:: Records supplied ::

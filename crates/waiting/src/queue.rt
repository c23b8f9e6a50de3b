// Entries are put to those that wait, and the least is taken.
ghost use Rattle.std.specs.Prelude.{◌≡◌, []};
ghost use Rattle.waiting.specs.Held.{held, Puts, Takes};

use crate::waiting::{Full, MOST_WAITING, Queue, Waiting};

impl Queue {
    // Nothing waits. What fills the places does not count.
    pub fn new() -> Self
        ensures { held result ≡ [] }
    {
        Queue {
            items: [Waiting::default(); MOST_WAITING],
            used: 0,
        }
    }

    // Puts an entry to those that wait, or refuses where there is no room.
    pub fn push(&mut self, item: Waiting) -> Result<(), Full>
        ensures { Puts 1024 (held self.old) item result (held self.new) }
    {
        match heaps::push(&mut self.items, self.used, item) {
            Some(used) => {
                self.used = used;
                Ok(())
            }
            None => Err(Full),
        }
    }

    // Takes the entry with the least key.
    pub fn pop(&mut self) -> Option<Waiting>
        ensures { Takes (held self.old) result (held self.new) }
    {
        let first = heaps::pop(&mut self.items, self.used)?;
        self.used -= 1;
        Some(first)
    }
}
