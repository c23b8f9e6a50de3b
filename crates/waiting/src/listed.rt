ghost use Rattle.std.specs.Prelude.{◌≡◌, ◌≤◌, length};

use stations::Station;

// The most stations that may be listed.
pub const MOST_LISTED: usize = 512;

// The stations handed out so far, in order: the first `len` count. A count beside an array, as in `Queue` and for its reason.
#[derive(Drop)]
pub struct Listed {
    pub stations: [Station; MOST_LISTED],
    pub len: usize,
    ghost few: { len ≤ 512 },
    ghost sized: { length stations ≡ 512 },
}
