// What is listed, and the tests of entries against it.
ghost use Rattle.std.specs.Prelude.{◌≡◌, ℕ, [], nat_lt};
ghost use Rattle.stations.specs.declared.measures.Measures.{Measures};
ghost use Rattle.stations.specs.Beating.{beats};
ghost use Rattle.stations.specs.Counting.{count};
ghost use Rattle.promises.specs.Bands.{bands};
ghost use Rattle.promises.specs.Waiting.{passes};
ghost use Rattle.waiting.specs.Held.{listing, Lists};

use crate::listed::{Listed, MOST_LISTED};
use crate::query::Query;
use crate::waiting::Full;
use books::Entry;
use stations::{Measures, Station};

impl Listed {
    // Nothing is listed. What fills the places does not count.
    pub fn new() -> Self
        ensures { listing result ≡ [] }
    {
        Listed {
            stations: [Station::default(); MOST_LISTED],
            len: 0,
        }
    }

    // Lists one more station, or refuses where there is no room.
    pub fn push(&mut self, station: Station) -> Result<(), Full>
        ensures { Lists 512 (listing self.old) station result (listing self.new) }
    {
        let n = self.len;
        if n >= MOST_LISTED {
            return Err(Full);
        }
        self.stations[n] = station;
        self.len = n + 1;
        Ok(())
    }

    // How many of the listed stations beat the measures.
    pub fn beating(&self, at: Measures) -> usize
        ensures { result ≡ count (λ s. beats s.at «at») (listing self.now) }
    {
        self.stations[..self.len]
            .iter()
            .filter(|s| s.at.beats(at))
            .count()
    }

    // Fewer than k of the listed stations beat the measures. It looks no further than the k-th that does. Every entry is
    // tested so, and a chain that ends at the k-th takes a sixth longer.
    fn few_beat(&self, at: Measures, k: u16) -> bool
        ensures { result ≡ nat_lt (count (λ s. beats s.at «at») (listing self.now)) k }
    {
        let mut left = k;
        for station in &self.stations[..self.len] {
            if station.at.beats(at) {
                if left <= 1 {
                    return false;
                }
                left -= 1;
            }
        }
        left > 0
    }

    // The entry is not set aside: it is in play, and fewer than k of the listed stations beat it.
    pub fn passes<R>(&self, query: &Query<R>, entry: Entry) -> bool
        ensures { (rank : Measures → ℕ) → result ≡ passes (bands rank query.now.question) (listing self.now) entry }
    {
        query.is_in_play(entry) && self.few_beat(query.measures_of(entry), query.question.k)
    }
}
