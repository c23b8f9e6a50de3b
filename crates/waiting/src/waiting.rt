ghost use Rattle.std.specs.Prelude.{◌≡◌, ◌≤◌, length};

use books::Entry;
use stations::Key;

// The most entries that may wait.
pub const MOST_WAITING: usize = 1024;

// There is no room for one more.
#[derive(Clone, Copy, Debug, PartialEq, Eq)]
pub struct Full;

// An entry that waits. The key decides when it is taken.
#[derive(Clone, Copy, Default)]
#[derive_where(PartialEq, Eq, PartialOrd, Ord)]
pub struct Waiting {
    pub key: Key,
    #[derive_where(skip)]
    pub entry: Entry,
}

// The entries that wait: a heap in the first `used` places. A count beside an array: so a start or a stop drops them at once,
// where a vector of fixed capacity blanks every place that it clears, and each taken from the front.
#[derive(Drop)]
pub struct Queue {
    pub items: [Waiting; MOST_WAITING],
    pub used: usize,
    ghost few: { used ≤ 1024 },
    ghost sized: { length items ≡ 1024 },
}
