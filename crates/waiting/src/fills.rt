// The entries of a page are put to what waits.
ghost use Rattle.std.specs.Prelude.{◌+◌, ◌≤◌, [], ◌∷◌, length, take};
ghost use Rattle.waiting.specs.Held.{held, listing, Fills};
ghost use Rattle.waiting.specs.Asking.{bands_of};

use crate::listed::Listed;
use crate::query::Query;
use crate::waiting::{Full, Queue};
use books::Entry;
use rankings::Ranking;
use sources::Page;

impl Queue {
    // Puts the entry to what waits unless it is set aside, or refuses where there is no room for it.
    fn admit<R: Ranking>(
        &mut self,
        query: &Query<R>,
        listed: &Listed,
        entry: Entry,
    ) -> Result<(), Full>
        ensures fills { Fills 1024 (bands_of R.score query.now) (listing listed.now) (entry ∷ []) (held self.old) result (held self.new) }
        ensures few { length (held self.new) ≤ length (held self.old) + 1 }
    {
        if listed.passes(query, entry) {
            return self.push(query.keyed(entry));
        }
        Ok(())
    }

    // Puts the entries of a page to what waits but for those set aside, or refuses where there is no room for one.
    pub fn fill<R: Ranking>(
        &mut self,
        query: &Query<R>,
        listed: &Listed,
        page: &Page,
    ) -> Result<(), Full>
        ensures fills { Fills 1024 (bands_of R.score query.now) (listing listed.now) (take page.now.len page.now.entries) (held self.old) result (held self.new) }
        ensures few { length (held self.new) ≤ length (held self.old) + 12 }
    {
        for entry in &page.entries[..page.len] {
            self.admit(query, listed, *entry)?;
        }
        Ok(())
    }
}
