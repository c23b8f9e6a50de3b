#![tactic(auto)]
// What waits and what is listed in a search: the entries that wait in a heap by key, the stations listed in order, and the tests of entries against them.
mod entries;
mod fills;
mod listed;
mod query;
mod queue;
mod waiting;

pub use listed::{Listed, MOST_LISTED};
pub use query::Query;
pub use waiting::{Full, MOST_WAITING, Queue, Waiting};
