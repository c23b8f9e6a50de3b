// A question under a ranking: the tests and the keys of entries.
ghost use Rattle.std.specs.Prelude.{◌≡◌, ℕ};
ghost use Rattle.stations.specs.declared.measures.Measures.{Measures};
ghost use Rattle.promises.specs.Bands.{bands};
ghost use Rattle.promises.specs.Queries.{key_at};
ghost use Rattle.promises.specs.Waiting.{measures_of, counts, key_of};
ghost use Rattle.waiting.specs.Held.{waiting_of};
ghost use Rattle.waiting.specs.Asking.{bands_of};

use crate::waiting::Waiting;
use books::Entry;
use rankings::Ranking;
use stations::{Key, Kind, Measures, Question};

// What a search is asked, and the ranking that orders its answer.
#[derive(Drop)]
pub struct Query<R> {
    pub ranking: R,
    pub question: Question,
}

// Under whatever ranking.
impl<R> Query<R> {
    // What stations are held against: a station's own measures, or the corner of a page's box in the region.
    pub(crate) fn measures_of(&self, entry: Entry) -> Measures
        ensures { (rank : Measures → ℕ) → result ≡ measures_of (bands rank self.now.question) entry }
    {
        match entry {
            Entry::Page(child) => child.bounds.low.max(self.question.region.low),
            Entry::Station(station) => station.at,
        }
    }

    // A station in the region, or a page whose box has a corner there.
    pub(crate) fn is_in_play(&self, entry: Entry) -> bool
        ensures { (rank : Measures → ℕ) → result ≡ counts (bands rank self.now.question) entry }
    {
        match entry {
            Entry::Page(child) => {
                let corner = self.measures_of(entry);
                corner.at_most(child.bounds.high) && corner.at_most(self.question.region.high)
            }
            Entry::Station(station) => self.question.region.holds(station.at),
        }
    }
}

impl<R: Ranking> Query<R> {
    // The key of what has these measures, this kind and this number.
    fn key_at(&self, at: Measures, kind: Kind, number: u32) -> Key
        ensures { result ≡ key_at (bands_of R.score self.now) «at» kind number }
    {
        Key {
            rank: self.ranking.rank(at),
            sum: at.sum(),
            kind,
            number,
        }
    }

    // The key by which an entry is taken: both kinds by one way, and a station's is the one that `Station::key` gives.
    fn key_of(&self, entry: Entry) -> Key
        ensures { result ≡ key_of (bands_of R.score self.now) entry }
    {
        let at = self.measures_of(entry);
        match entry {
            Entry::Page(child) => self.key_at(at, Kind::Page, child.page),
            Entry::Station(station) => self.key_at(at, Kind::Station, station.number),
        }
    }

    // The entry with its key.
    pub(crate) fn keyed(&self, entry: Entry) -> Waiting
        ensures { result ≡ waiting_of (bands_of R.score self.now) entry }
    {
        Waiting {
            key: self.key_of(entry),
            entry,
        }
    }
}
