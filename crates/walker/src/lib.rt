// docs/RULES.md, 'Entries' and 'Walks': walking a tag over the links that a book stops.
#![tactic(auto)]

ghost use Rattle.std.specs.Prelude.{◌≡◌, cond, ◌≤◌, ◌<◌, eqb};
ghost use Rattle.fabric.specs.Labels.{size};
ghost use Rattle.scheme.specs.Tags.{destination};
ghost use Rattle.book.specs.Standing.{stops_of};
ghost use Rattle.walks.specs.Entries.{Walked, Walks};

use book::{Book, SoundBook};
use fabric::Fabric;
use table::Refusal;
use walks::NotClear;

// "Walk (book, source, tag): 16, 10, 12, 11, 17. Past these the walk is clear."
pub fn walk(book: Book, source: u16, tag: u32) -> Result<(), NotClear>
    ensures { Walks book source tag result }
{
    if book.unsound() {
        return Err(NotClear::Refused(Refusal::Book));
    }
    walked(&SoundBook { book }, source, tag)
}

// walk, over a book that 16 is not given for: 10, 12, 11, 17; otherwise clear.
pub fn walked(book: &SoundBook, source: u16, tag: u32) -> Result<(), NotClear>
    ensures { Walks book.now.book source tag result }
{
    let fabric = Fabric { n: book.book.n };
    if fabric.outside_labels(source) {
        return Err(NotClear::Refused(Refusal::Label));
    }
    if scheme::outside_tags(fabric, tag) {
        return Err(NotClear::Refused(Refusal::Tag));
    }
    along(book, source, tag)
}

// The walk along the steps of a tag: a loop that is left by break, a rule of the project (docs/RULES.md, 'Forms in the code').
fn along(book: &SoundBook, source: u16, tag: u32) -> Result<(), NotClear>
    requires { source < size book.now.book.n }
    ensures { Walked book.now.book.n (stops_of book.now.book) source tag result }
{
    let fabric = Fabric { n: book.book.n };
    let mut j = source;
    let mut i = 0;
    loop {
        if i == fabric.n {
            break end_at(fabric, j, tag);
        }
        let code = scheme::step_of(fabric, tag, i, j);
        if let Some(number) = asked::stopper(book, i, j, code) {
            break Err(NotClear::Stopped { stage: i, number });
        }
        j = fabric.landing(i, code, j);
        i += 1;
    }
}

// What a walk answers that met no stopped link and ends at a label.
fn end_at(fabric: Fabric, j: u16, tag: u32) -> Result<(), NotClear>
    ensures { result ≡ cond (eqb j (destination fabric.n tag)) (Ok tt) (Err NotClear.Astray) }
{
    if u32::from(j) != tag % u32::from(fabric.size()) {
        return Err(NotClear::Astray);
    }
    Ok(())
}
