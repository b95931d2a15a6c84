#![tactic(auto)]

// The doors that C calls: include/firuvanta.h documents them. C takes and answers numbers, so a refusal is its number here.
ghost use Rattle.meaning.specs.Check.{Checks};
ghost use Rattle.meaning.specs.Running.{Runs, lent_of, areas_of, answered};

use tables::Lent;

// The check of a plan's bytes.
#[unsafe(no_mangle)]
pub extern "C" fn firuvanta_check(plan: &[u8]) -> u32
    ensures { Checks plan.now result }
{
    match firuvanta::firuvanta_check(plan) {
        Ok(()) => 0,
        Err(refusal) => u32::from(refusal),
    }
}

// The run of a plan's bytes over lent tables.
#[unsafe(no_mangle)]
pub extern "C" fn firuvanta_run(
    plan: &[u8],
    tables: &[usize],
    cells: &[i64],
    marks: &[u8],
    limit: usize,
    work: &mut [i64],
    work_marks: &mut [u8],
    res: &mut [i64],
    result_marks: &mut [u8],
    rows: &mut usize,
) -> u32
    ensures { Runs (lent_of tables.now cells.now marks.now) limit (areas_of work.old work_marks.old res.old result_marks.old) plan.now (answered result rows.new (areas_of work.new work_marks.new res.new result_marks.new)) }
{
    let lent = Lent {
        tables,
        cells,
        marks,
    };
    match firuvanta::firuvanta_run(plan, lent, limit, work, work_marks, res, result_marks) {
        Ok(count) => {
            *rows = count;
            0
        }
        Err(refusal) => {
            *rows = 0;
            u32::from(refusal)
        }
    }
}
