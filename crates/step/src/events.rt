// The sequence of an exception, and of what a look found due.
ghost use Rattle.std.specs.Prelude.{◌≡◌, false, ◌%◌};
ghost use Rattle.memory.specs.Answers.{answer_of};
ghost use Rattle.access_spec.specs.Clauses.{Interprets};
ghost use Rattle.machine.specs.Cache.{Cache};
ghost use Rattle.machine.specs.Status.{cpu};
ghost use Rattle.datapath.specs.Code.{cpu_out};
ghost use Rattle.step_pending.specs.Dues.{event_from};
ghost use Rattle.step_spec.specs.Step.{stepped, settled, event_step, exception_step};

use access_spec::Journal;
use exec_event_frames::sequences::{exception_sequence, interrupt_sequence};
use exec_registers::event_frames::reset;
use machine::Bank;
use memory::answers::EXCEPTION;
use memory::exceptions::TRACE;
use step_pending::events::{taken, vector_of};

// A sequence that met a fault on its stack or vector resets.
fn settle(r: &mut Bank, x: u64)
    ensures { (q : Cache) → cpu r.new q ≡ settled (cpu_out (answer_of x) r.old q) }
{
    if EXCEPTION <= x {
        reset(r);
    }
}

// Exception e; 0 is the reset that a fault on the interrupt stack asks for.
pub fn exception_step(m: &mut [u8], journal: &mut Journal, r: &mut Bank, e: u32)
    ensures { (q : Cache) → Interprets (stepped (cpu r.new q) false) m journal (exception_step (cpu r.old q) e) }
{
    if e == 0 {
        reset(r);
        return;
    }
    let x = exception_sequence(m, journal, r, e);
    settle(r, x);
}

// The event of a number of document 01; only its low five bits are used.
pub fn event_step(m: &mut [u8], journal: &mut Journal, r: &mut Bank, code: u32)
    ensures { (q : Cache)
        → Interprets (stepped (cpu r.new q) false) m journal (event_step (cpu r.old q) (event_from (code % 32))) }
{
    let k = code % 32;
    taken(r, k);
    if k == TRACE {
        let x = exception_sequence(m, journal, r, 2);
        settle(r, x);
        return;
    }
    let y = interrupt_sequence(m, journal, r, vector_of(code));
    settle(r, y);
}
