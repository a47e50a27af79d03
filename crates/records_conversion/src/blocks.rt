// A block of input: each line that ends in it converted, in order, up to the first that is refused.
ghost use Rattle.std.specs.Prelude.{◌≡◌, false, is_err};
ghost use Rattle.refusals.specs.Numbers.{refusal_of};
ghost use Rattle.hex_digits.specs.Output.{contents};
ghost use Rattle.lines.specs.Texts.{ended_lines};
ghost use Rattle.records_lines.specs.Conversions.{line_output, output_of};
ghost use Rattle.records_conversion.specs.Conversion.{converted_by};
ghost use Rattle.records_conversion.specs.Loop.{progress, line_done, block_done, block_from, rest_by, refused_with};

use crate::Way;
use board_lines::answers::put_refusal;
use hex_digits::Writer;
use lines::newline_from;
use records_lines::frames::convert_frame;
use records_lines::records::convert_record;
use refusals::Refusal;

// Either way.
fn convert_either(way: Way, line: &[u8], output: &mut Writer) -> Result<(), Refusal>
    ensures lent { output.new.buffer.ghost_name ≡ output.old.buffer.ghost_name }
    ensures text { line_output (refusal_of result) (contents output.new)
        ≡ output_of (converted_by way line.now) (contents output.old) }
{
    match way {
        Way::In => convert_record(line, output),
        Way::Out => convert_frame(line, output),
    }
}

// The line after line `last`: what it gives; or the line of its refusal, which ends the work.
pub fn convert_line(
    way: Way,
    line: &[u8],
    last: &mut u32,
    output: &mut Writer,
) -> Result<(), Refusal>
    ensures lent { output.new.buffer.ghost_name ≡ output.old.buffer.ghost_name }
    ensures text { progress (contents output.new) last.new (is_err result)
        ≡ line_done (converted_by way line.now) (progress (contents output.old) last.old false) }
    ensures refusal { refusal_of result ≡ (converted_by way line.now).refusal }
{
    *last = last.wrapping_add(1);
    let done = convert_either(way, line, output);
    if let Err(refusal) = done {
        put_refusal(output, refusal.number(), *last);
    }
    done
}

// The lines of a block after line `last`: where the rest begins; or the refusal that ends the work.
pub fn convert_block(
    way: Way,
    text: &[u8],
    last: &mut u32,
    output: &mut Writer,
) -> Result<usize, Refusal>
    ensures lent { output.new.buffer.ghost_name ≡ output.old.buffer.ghost_name }
    ensures text { block_done (progress (contents output.new) last.new (is_err result)) (rest_by text.now result)
        ≡ block_from way text.now (progress (contents output.old) last.old false) }
    ensures refusal { refusal_of result ≡ refused_with way (ended_lines text.now) }
{
    let mut from = 0;
    let mut to = newline_from(text, 0);
    // From newline to newline: a `for` over the lines would have to find them too, and is no plainer.
    while to < text.len() {
        convert_line(way, &text[from..to], last, output)?;
        from = to + 1;
        to = newline_from(text, from);
    }
    Ok(from)
}
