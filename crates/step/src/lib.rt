#![tactic(auto)]
// One step: an event sequence, or fetch, instruction and, at a fault, its exception sequence (1.11).
pub mod events;
pub mod stepping;
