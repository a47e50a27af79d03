// An exchange of a program's loop: between a read and a write.
ghost use Rattle.std.specs.Prelude.{◌≡◌, false, take, is_err};
ghost use Rattle.refusals.specs.Numbers.{refusal_of};
ghost use Rattle.hex_digits.specs.Output.{contents};
ghost use Rattle.lines.specs.Texts.{last_line, ended_lines};
ghost use Rattle.records_conversion.specs.Loop.{progress, lines_done, exchange_done, exchange_from, from_start, conversion_start, refused_with};

use crate::blocks::{convert_block, convert_line};
use crate::{ConversionState, Way};
use hex_digits::Writer;
use lines::carry;
use refusals::Refusal;

// No record and no frame is as long, so an unended line that is cut there stays refused.
const MOST_KEPT: usize = 515;

impl ConversionState {
    // Before the first read.
    pub fn new() -> ConversionState
        ensures { result ≡ conversion_start }
    {
        ConversionState { end: 0, last: 0 }
    }

    // The lines that end, where the block is filled up to `end`: what they give fills the buffer from its start. A refusal ends
    // the work.
    pub fn convert(
        &mut self,
        way: Way,
        end: usize,
        block: &mut [u8],
        output: &mut Writer,
    ) -> Result<(), Refusal>
        ensures lent { output.new.buffer.ghost_name ≡ output.old.buffer.ghost_name }
        ensures text { exchange_done (progress (contents output.new) self.new.last (is_err result)) (take self.new.end block.new)
            ≡ exchange_from way (take end block.old) (progress (from_start output.old) self.old.last false) }
        ensures refusal { refusal_of result ≡ refused_with way (ended_lines (take end block.old)) }
    {
        output.place = 0;
        let filled = end.min(block.len());
        let done = convert_block(way, &block[..filled], &mut self.last, output);
        self.end = carry(block, done.unwrap_or(filled), filled, MOST_KEPT);
        done.map(|_| ())
    }

    // At the end of input: the last line may have no newline. What it gives fills the buffer from its start.
    pub fn finish(self, way: Way, block: &[u8], output: &mut Writer)
        ensures lent { output.new.buffer.ghost_name ≡ output.old.buffer.ghost_name }
        ensures text { contents output.new
            ≡ (lines_done way (last_line (take self.end block.now)) (progress (from_start output.old) self.last false)).output }
    {
        output.place = 0;
        let filled = self.end.min(block.len());
        if 0 < filled {
            let mut last = self.last;
            // A refusal ends the work as the end of input does.
            let _ = convert_line(way, &block[..filled], &mut last, output);
        }
    }
}
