// The step, by value of what it leaves: whether an instruction completed.
ghost use Rattle.memory.specs.Answers.{answer_of};
ghost use Rattle.access_spec.specs.Clauses.{Interprets};
ghost use Rattle.machine.specs.Cache.{Cache};
ghost use Rattle.machine.specs.Status.{cpu};
ghost use Rattle.datapath.specs.Clauses.{entry_cpu, exit_cpu};
ghost use Rattle.exec.specs.Code.{acted_out};
ghost use Rattle.step_spec.specs.Step.{stepped, finish as finish_of, instruction_step, step as step_of};

use crate::events::{event_step, exception_step};
use access_spec::Journal;
use exec::attempt::attempt;
use machine::bits::TRACE_INSTRUCTION;
use machine::places::PSW;
use machine::{Bank, Quads};
use memory::answers::{EXCEPTION, low32};
use step_pending::events::{due_code, looked, trace_falls};
use step_pending::tracing::traces_at;
use word::fields::bit;

// After an attempt that began with the PSW p: a trace falls due, or the exception is taken.
fn finish(m: &mut [u8], journal: &mut Journal, r: &mut Bank, p: u32, x: u64) -> bool
    ensures { (q : Cache) → Interprets (stepped (cpu r.new q) result) m journal (finish_of p (acted_out (answer_of x) r.old q)) }
{
    if EXCEPTION <= x {
        exception_step(m, journal, r, low32(x));
        return false;
    }
    if x < 3 {
        trace_falls(r, traces_at(p, low32(x)));
        return true;
    }
    trace_falls(r, bit(p, TRACE_INSTRUCTION));
    false
}

// The instruction at PC.
fn instruction_step(m: &mut [u8], journal: &mut Journal, q: &mut Quads, r: &mut Bank) -> bool
    ensures { Interprets (stepped (exit_cpu q r) result) m journal (instruction_step (entry_cpu q r)) }
{
    let p = r[PSW];
    let x = attempt(m, journal, q, r, false);
    finish(m, journal, r, p, x)
}

// One step with the interrupt input at a level.
pub fn step(m: &mut [u8], journal: &mut Journal, q: &mut Quads, r: &mut Bank, level: u32) -> bool
    ensures { Interprets (stepped (exit_cpu q r) result) m journal (step_of level (entry_cpu q r)) }
{
    looked(r, level);
    let due = due_code(r, level);
    if due == 0 {
        instruction_step(m, journal, q, r)
    } else {
        event_step(m, journal, r, due);
        false
    }
}
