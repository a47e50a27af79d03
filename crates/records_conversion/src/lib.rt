#![tactic(auto)]
// Texts of records to frames, or of frames to records, up to the first line that is refused.
pub mod blocks;
pub mod exchanges;

// Which way a text is converted: a value, since Stopping, ConversionPrints and ProgramsRoundTrip speak of both ways at once.
#[derive(Clone, Copy, PartialEq, Eq, Debug)]
pub enum Way {
    // Records to frames.
    In,
    // Frames to records.
    Out,
}

// Between two exchanges of a program's loop: the first `end` bytes of the block are not converted yet, and `last` is the
// number of the last line.
#[derive(Clone, Copy, PartialEq, Eq, Debug)]
pub struct ConversionState {
    pub end: usize,
    pub last: u32,
}
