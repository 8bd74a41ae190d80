// Halves of four lines, of which three are shown, and what is done to a mirror of them.
use line_image::{Fails, Image, MemoryImage};
use mirror_image::Mirror;
use std::alloc::{AllocError, Global};
use std::test::Fail;

pub(crate) type Pair = Mirror<MemoryImage, MemoryImage>;

/// How many calls the halves have had when new ones are paired: the first one reads its label, is cleared and marked, is read, and
/// fenced.
pub(crate) const FIRST_PAIRED: u64 = 9;

/// The second one is marked as of no generation too, and written, and fenced once more.
pub(crate) const SECOND_PAIRED: u64 = 12;

/// No call.
pub(crate) const NONE: u64 = u64::MAX;

/// A half of zeros that fails at one call, and at each from `since` on.
pub(crate) fn half(
    alloc: Global,
    lines: u64,
    call: u64,
    since: u64,
) -> Result<MemoryImage, AllocError> {
    let fails = Fails {
        calls: [call].to_vec(alloc)?,
        since,
        room: 200,
    };
    MemoryImage::new(alloc, lines, fails)
}

/// How many lines a half of the whole size has: those of an image, and the label.
pub(crate) const WHOLE: u64 = 32_769;

/// A half of zeros of the whole size that fails at each call from `since` on.
pub(crate) fn whole(alloc: Global, since: u64) -> Result<MemoryImage, AllocError> {
    let fails = Fails {
        calls: Vec::new(alloc),
        since,
        room: 33_000,
    };
    MemoryImage::new(alloc, WHOLE, fails)
}

/// What a stop leaves of a half of the whole size; none of its calls fail.
pub(crate) fn whole_left(alloc: Global, half: &MemoryImage) -> Result<MemoryImage, AllocError> {
    let fails = Fails {
        calls: Vec::new(alloc),
        since: NONE,
        room: 33_000,
    };
    half.crash(alloc, 1, fails)
}

/// What a stop leaves of a half; none of its calls fail.
pub(crate) fn left(
    alloc: Global,
    half: &MemoryImage,
    pick: u64,
) -> Result<MemoryImage, AllocError> {
    let fails = Fails {
        calls: Vec::new(alloc),
        since: NONE,
        room: 200,
    };
    half.crash(alloc, pick, fails)
}

/// Pairs halves that don't fail.
pub(crate) fn paired(a: MemoryImage, b: MemoryImage) -> Result<Pair, Fail> {
    match Mirror::pair(a, b) {
        Ok(mirror) => Ok(mirror),
        Err(_) => Err(Fail::from("two halves that are paired")),
    }
}

/// Writes a line of eight times this word. Answers whether it was made.
pub(crate) fn wrote(mirror: &mut Pair, line: u64, word: u64) -> bool {
    line < mirror.lines() && mirror.write_line(line, &[word; 8]).is_ok()
}

/// The words of a line; none where the read failed.
pub(crate) fn read(mirror: &mut Pair, line: u64) -> Option<[u64; 8]> {
    let mut words = [0; 8];
    if line < mirror.lines() && mirror.read_line(line, &mut words).is_ok() {
        return Some(words);
    }
    None
}

/// Writes lines 0 and 1, fences them, and changes line 1. Answers how many of the five steps were made.
pub(crate) fn steps(mirror: &mut Pair) -> u32 {
    if !wrote(mirror, 0, 10) {
        return 0;
    }
    if !wrote(mirror, 1, 20) {
        return 1;
    }
    if mirror.fence().is_err() {
        return 2;
    }
    if !wrote(mirror, 1, 21) {
        return 3;
    }
    if mirror.fence().is_err() {
        return 4;
    }
    5
}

:::

■ **Work order**
Copy out each line of the records where the string "gives" appears.

■ **Response area**
    // The key by which an entry is taken: both kinds by one way, and a station's is the one that `Station::key` gives.
// The line after line `last`: what it gives; or the line of its refusal, which ends the work.
    // At the end of input: the last line may have no newline. What it gives fills the buffer from its start.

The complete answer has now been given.